Reproduce the opening lines of the records exactly, please, stopping after the line that contains "pub const SKIP_BITS: u32 = 100;".
Source data: Begin
//! How many trials fail before one succeeds, by whole numbers alone.

ghost use Rattle.std.specs.Prelude.{◌<◌, ◌≤◌, ◌^◌};

use crate::fraction::{share, times};
use crate::words::{Words, more};

/// A skip has fewer bits than this: one that is longer ends there.
pub const SKIP_BITS: u32 = 100;

/// A fraction to the powers of 1, 2, 4, 8, .. as far as they are not below a bound; how many there are.
fn squares(of: u128, bound: u128, found: &mut [u128; 100]) -> u32
    ensures { result ≤ 100 }
{
    let mut square = of;
    for bit in 0..SKIP_BITS {
        if square < bound {
            return bit;
        }
        found[bit as usize] = square;
        square = times(square, square);
    }
    SKIP_BITS
}

/// The greatest number g for which U is not above (1-p)^g, bit by bit from the highest one on, where `good` of `among`
/// trials succeed, and U is the next word and the bits behind it.
pub fn skipped(words: &mut Words, good: u128, among: u128) -> u128
    requires less { good < among }
    requires room { among < 2 ^ 127 }
    ensures { result < 2 ^ 101 }
{
    let word = words.next();
    let drawn = u128::from(word) << 64 | u128::from(more(word)) | 1;
    let mut found = [0u128; 100];
    let bits = squares(u128::MAX - share(good, among), drawn, &mut found);
    let mut now = u128::MAX;
    let mut skip = 0u128;
    for step in 0..bits {
        let next = times(now, found[(bits - 1 - step) as usize]);
        skip *= 2;
        if drawn <= next {
            now = next;
            skip += 1;
        }
    }
    skip
}
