//! Fractions below 1, as whole numbers of 2^-128.

ghost use Rattle.std.specs.Prelude.{◌≡◌, ◌*◌, ◌-◌, ◌/◌, ◌%◌, ◌^◌, ◌<◌, ◌≤◌};

/// The low 64 bits.
#[inline(always)]
fn low(a: u128) -> u128
    ensures value { result ≡ a % 2 ^ 64 }
    ensures within { result < 2 ^ 64 }
{
    a % (1 << 64)
}

/// The high 64 bits.
#[inline(always)]
fn high(a: u128) -> u128
    ensures value { result ≡ a / 2 ^ 64 }
    ensures within { result < 2 ^ 64 }
{
    a >> 64
}

/// The product of two numbers below 2^64.
#[inline(always)]
fn product(a: u128, b: u128) -> u128
    requires a_in { a < 2 ^ 64 }
    requires b_in { b < 2 ^ 64 }
    ensures value { result ≡ a * b }
    ensures within { result ≤ (2 ^ 64 - 1) * (2 ^ 64 - 1) }
{
    a * b
}

/// The product, rounded down.
pub fn times(a: u128, b: u128) -> u128
    ensures { result ≡ a * b / 2 ^ 128 }
{
    let middle = product(high(a), low(b));
    let other = product(low(a), high(b));
    let carry = high(product(low(a), low(b))) + low(middle) + low(other);
    product(high(a), high(b)) + high(middle) + high(other) + high(carry)
}

/// The share `good` of `among`, rounded down.
pub fn share(good: u128, among: u128) -> u128
    requires less { good < among }
    requires room { among < 2 ^ 127 }
    ensures { result ≡ good * 2 ^ 128 / among }
{
    if high(among) == 0 {
        let whole = good << 64;
        let rest = whole % among;
        return ((whole / among) << 64) + (rest << 64) / among;
    }
    share_by_bits(good, among)
}

/// The same, bit by bit.
fn share_by_bits(good: u128, among: u128) -> u128
    requires less { good < among }
    requires room { among < 2 ^ 127 }
    ensures { result ≡ good * 2 ^ 128 / among }
{
    let mut rest = good;
    let mut found = 0u128;
    for _bit in 0..128u32 {
        rest *= 2;
        found *= 2;
        if among <= rest {
            rest -= among;
            found += 1;
        }
    }
    found
}
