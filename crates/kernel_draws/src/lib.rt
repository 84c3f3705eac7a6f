//! Draws from random words: a number below another, two different agents, how many trials fail before one succeeds.
//! It stands on `rand_xoshiro` and `rand_core`.
//! The layer above uses: what a word stands for, and that each number, and each pair, has equally many words.
#![tactic(auto)]

mod fraction;
mod law;
mod numbers;
mod pair;
mod skip;
mod words;

pub use fraction::{share, times};
pub use law::draws_are_uniform;
pub use numbers::{TRIES, below, below_wide, bound_of, number_below};
pub use pair::pair_of;
pub use skip::{SKIP_BITS, skipped};
pub use words::Words;
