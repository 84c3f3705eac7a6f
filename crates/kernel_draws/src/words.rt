//! The random words of a run.

use rand_core::{Rng, SeedableRng};
use rand_xoshiro::Xoshiro256PlusPlus;

/// The words of a seed. Xoshiro256++ is a generator of Blackman and Vigna.
#[derive(Drop)]
pub struct Words {
    generator: Xoshiro256PlusPlus,
}

impl Words {
    /// The words of this seed. It allocates nothing.
    pub fn new(seed: u64) -> Words {
        Words {
            generator: Xoshiro256PlusPlus::seed_from_u64(seed),
        }
    }

    /// The next word.
    #[inline(always)]
    pub fn next(&mut self) -> u64 {
        self.generator.next_u64()
    }
}

/// The bits behind a word, where a draw needs more of them: they are made of the word itself, so that the words that
/// follow do not hang on whether they were needed.
pub fn more(word: u64) -> u64 {
    let mixed = (word ^ (word >> 30)).wrapping_mul(0xBF58_476D_1CE4_E5B9);
    let again = (mixed ^ (mixed >> 27)).wrapping_mul(0x94D0_49BB_1331_11EB);
    again ^ (again >> 31)
}
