//! The law of the draws.

ghost use Rattle.kernel_draws.specs.Uniform.{AreUniform};

/// Each number below a size has equally many words, and so has each ordered pair of different agents. A theorem; the
/// body is empty.
pub fn draws_are_uniform()
    ensures { AreUniform }
{}
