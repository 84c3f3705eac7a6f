//! A number below another, each as likely.

ghost use Rattle.std.specs.Prelude.{◌≡◌, ◌<◌, ◌%◌, ◌^◌, MatchOption};
ghost use Rattle.kernel_draws.specs.Uniform.{IsTaken, number_of};

use crate::words::Words;

/// After so many words that are not taken the number is 0: with a size below 2^63 once in 2^64 draws at most.
pub const TRIES: u32 = 64;

/// How many words stand for no number below the size.
pub fn bound_of(size: u64) -> u64
    requires { 0 < size }
    ensures { result ≡ 2 ^ 64 % size }
{
    ((1u128 << 64) % u128::from(size)) as u64
}

/// The number below the size that a word stands for; none where the word is one of the few that would tip the scales.
#[inline(always)]
pub fn number_below(word: u64, size: u64) -> Option<u64>
    requires { 0 < size }
    ensures number { MatchOption result (IsTaken size word → ⊥) (λ number. number ≡ number_of size word) }
    ensures taken { MatchOption result (Unit {0}) (λ _. IsTaken size word) }
    ensures within { MatchOption result (Unit {0}) (λ number. number < size) }
{
    let product = u128::from(word) * u128::from(size);
    let number = (product >> 64) as u64;
    let rest = (product % (1 << 64)) as u64;
    if rest < size && rest < bound_of(size) {
        return None;
    }
    Some(number)
}

/// A number below the size, from the next words.
pub fn below(words: &mut Words, size: u64) -> u64
    requires { 0 < size }
    ensures { result < size }
{
    for _ in 0..TRIES {
        if let Some(number) = number_below(words.next(), size) {
            return number;
        }
    }
    0
}

/// The same, where the size may have more than 64 bits: so many bits as the size has, until they are below it.
pub fn below_wide(words: &mut Words, size: u128) -> u128
    requires { 0 < size }
    ensures { result < size }
{
    if size >> 64 == 0 {
        return u128::from(below(words, size as u64));
    }
    let mask = u128::MAX >> size.leading_zeros();
    for _ in 0..TRIES {
        let high = u128::from(words.next()) << 64;
        let drawn = (high | u128::from(words.next())) & mask;
        if drawn < size {
            return drawn;
        }
    }
    0
}
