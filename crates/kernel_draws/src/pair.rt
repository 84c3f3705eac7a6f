//! Two different agents from one random word (Brackett-Rozinsky and Lemire 2024).

ghost use Rattle.std.specs.Prelude.{◌≡◌, ◌≢◌, ◌≤◌, ◌<◌, ◌+◌, ◌-◌, ◌*◌, ◌%◌, ◌^◌, IfSome, MatchOption};
ghost use Rattle.kernel_draws.specs.Uniform.{IsTaken, number_of, number_of_pair, pair_count};

/// The number of a pair, as one of n agents and one of the n - 1 others.
#[inline(always)]
fn parts_of(word: u64, n: u32, least: u64) -> Option<(u32, u32)>
    requires crowd { 2 ≤ n }
    requires bound { least ≡ 2 ^ 64 % pair_count n }
    ensures number { IfSome result (λ pair. pair.0 * (n - 1) + pair.1 ≡ number_of (pair_count n) word) }
    ensures within { IfSome result (λ pair. pair.0 < n) }
    ensures other { IfSome result (λ pair. pair.1 < n - 1) }
    ensures taken { MatchOption result (IsTaken (pair_count n) word → ⊥) (λ _. IsTaken (pair_count n) word) }
{
    let high = u128::from(word) * u128::from(n);
    let first = (high >> 64) as u32;
    let rest = (high % (1 << 64)) * u128::from(n - 1);
    let other = (rest >> 64) as u32;
    if ((rest % (1 << 64)) as u64) < least {
        return None;
    }
    Some((first, other))
}

/// The pair that a word stands for, where `least` words stand for none.
#[inline(always)]
pub fn pair_of(word: u64, n: u32, least: u64) -> Option<(u32, u32)>
    requires crowd { 2 ≤ n }
    requires bound { least ≡ 2 ^ 64 % pair_count n }
    ensures number { IfSome result (λ pair. number_of_pair n pair ≡ number_of (pair_count n) word) }
    ensures first { IfSome result (λ pair. pair.0 < n) }
    ensures second { IfSome result (λ pair. pair.1 < n) }
    ensures different { IfSome result (λ pair. pair.0 ≢ pair.1) }
    ensures taken { MatchOption result (IsTaken (pair_count n) word → ⊥) (λ _. IsTaken (pair_count n) word) }
{
    let (first, other) = parts_of(word, n, least)?;
    Some((first, if first <= other { other + 1 } else { other }))
}
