//! The regions of TVMs.

ghost use Rattle.std.specs.Prelude.{◌≡◌, ◌+◌, ◌*◌, ◌/◌, ◌^◌, ◌<◌, ◌≤◌, ℕ, List, OnOk, Some};
ghost use Rattle.cove_base.specs.Modes.{guest_limit};
ghost use Rattle.cove_base.specs.Unchanged.{Unchanged};
ghost use Rattle.cove_base.specs.declared.calls.HostCall.TheVariants.{Region};
ghost use Rattle.cove_tvm.specs.Called.{Called};
ghost use Rattle.cove_host.specs.Checked.{all_checked, checked};
ghost use Rattle.cove_host.specs.FoundTvms.{ChangesTvm, IsLiveTvm};
ghost use Rattle.cove_host.specs.MoreRegions.{AddsRegion};
ghost use Rattle.cove_model.specs.Checks.{IsArea, NoOverlap, RoomForRegion};
ghost use Rattle.cove_model.specs.HostCalls.{rule};
ghost use Rattle.cove_model.specs.States.{State};
ghost use Rattle.cove_tvm.specs.Stands.{Stands};
ghost use Rattle.cove_tvm.specs.TvmTables.{live_at};
ghost use Rattle.cove_tvm.specs.declared.ground.Ground.{Ground};

use crate::checks::{DONE, aligned, check};
use crate::lives::{is_building, live};
use cove_base::{Gpn, HartId, Reply, Status, Words};
use cove_tvm::{Ground, Tvm};

/// Adds a region to a TVM: the `len` bytes of guest addresses from `gpa` on.
pub fn add_memory_region<W: Words>(
    w: &mut W,
    g: &mut Ground,
    h: HartId,
    t: u64,
    gpa: u64,
    len: u64,
) -> Reply
    ensures called { Called h.0 (λ S. rule S h.0 (Region t gpa len)) (W.words w.old) (W.words w.new) g.old g.new result }
    ensures unchanged { Unchanged W.words W.clean W.guard w.old w.new }
{
    match addable(g, t, gpa, len) {
        Err(reply) => reply,
        Ok(()) => {
            add(g, t, Gpn(gpa / 4096), len / 4096);
            DONE
        }
    }
}

// The checks of the call, in the order of its rule.
fn addable(g: &Ground, t: u64, gpa: u64, len: u64) -> Result<(), Reply>
    ensures told { (words : List ℕ) (hart : ℕ) (S : State) → Stands words g.now S
        → result ≡ all_checked (rule S hart (Region t gpa len)).checks }
    ensures some { OnOk result (0 < len / 4096) }
    ensures area { OnOk result ((tvm : Tvm) → live_at g.now.tvms t ≡ Some tvm → gpa + len ≤ 4096 * guest_limit tvm.tables.mode) }
    ensures fits { OnOk result (gpa + len ≤ 2 ^ 50) }
{
    let tvm = live(g, t)?;
    is_building(tvm)?;
    aligned(gpa)?;
    aligned(len)?;
    is_area(tvm, gpa, len)?;
    no_overlap(tvm, gpa, len)?;
    room_for_region(tvm)
}

// The region is not empty and ends within the guest addresses of the TVM's mode.
fn is_area(tvm: &Tvm, gpa: u64, len: u64) -> Result<(), Reply>
    ensures told { (words : List ℕ) (S : State) (t : ℕ) → IsLiveTvm words S t tvm.now
        → result ≡ checked (IsArea S t gpa len) }
    ensures some { OnOk result (0 < len) }
    ensures within { OnOk result (gpa + len ≤ 4096 * guest_limit tvm.now.tables.mode) }
{
    let end = u128::from(gpa) + u128::from(len);
    let limit = 4096 * u128::from(tvm.tables.mode.guest_limit());
    check(len == 0 || end > limit, Status::InvalidAddress)
}

// The region meets none of the TVM's.
fn no_overlap(tvm: &Tvm, gpa: u64, len: u64) -> Result<(), Reply>
    requires { gpa + len ≤ 2 ^ 50 }
    ensures told { (words : List ℕ) (S : State) (t : ℕ) → IsLiveTvm words S t tvm.now
        → result ≡ checked (NoOverlap S t gpa len) }
{
    check(
        tvm.regions.overlaps(Gpn(gpa / 4096), len / 4096),
        Status::InvalidAddress,
    )
}

// The TVM may have another region.
fn room_for_region(tvm: &Tvm) -> Result<(), Reply>
    ensures told { (words : List ℕ) (S : State) (t : ℕ) → IsLiveTvm words S t tvm.now
        → result ≡ checked (RoomForRegion S t) }
{
    check(tvm.regions.is_full(), Status::Failed)
}

// Adds a region to the live TVM `t`.
fn add(g: &mut Ground, t: u64, first: Gpn, count: u64)
    requires some { 0 < count }
    requires fits { first.0 + count ≤ 2 ^ 52 }
    ensures { ChangesTvm t (AddsRegion first.0 count) g.old g.new }
{
    if let Some(tvm) = g.tvms.live_mut(t) {
        add_to(tvm, first, count);
    }
}

// Adds a region to a TVM, where it may be added.
fn add_to(tvm: &mut Tvm, first: Gpn, count: u64)
    requires some { 0 < count }
    requires fits { first.0 + count ≤ 2 ^ 52 }
    ensures { AddsRegion first.0 count tvm.old tvm.new }
{
    let _ = tvm.regions.add(first, count);
}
Source data: End
**Exercise answer**.
//! How many trials fail before one succeeds, by whole numbers alone.

ghost use Rattle.std.specs.Prelude.{◌<◌, ◌≤◌, ◌^◌};

use crate::fraction::{share, times};
use crate::words::{Words, more};

/// A skip has fewer bits than this: one that is longer ends there.
pub const SKIP_BITS: u32 = 100;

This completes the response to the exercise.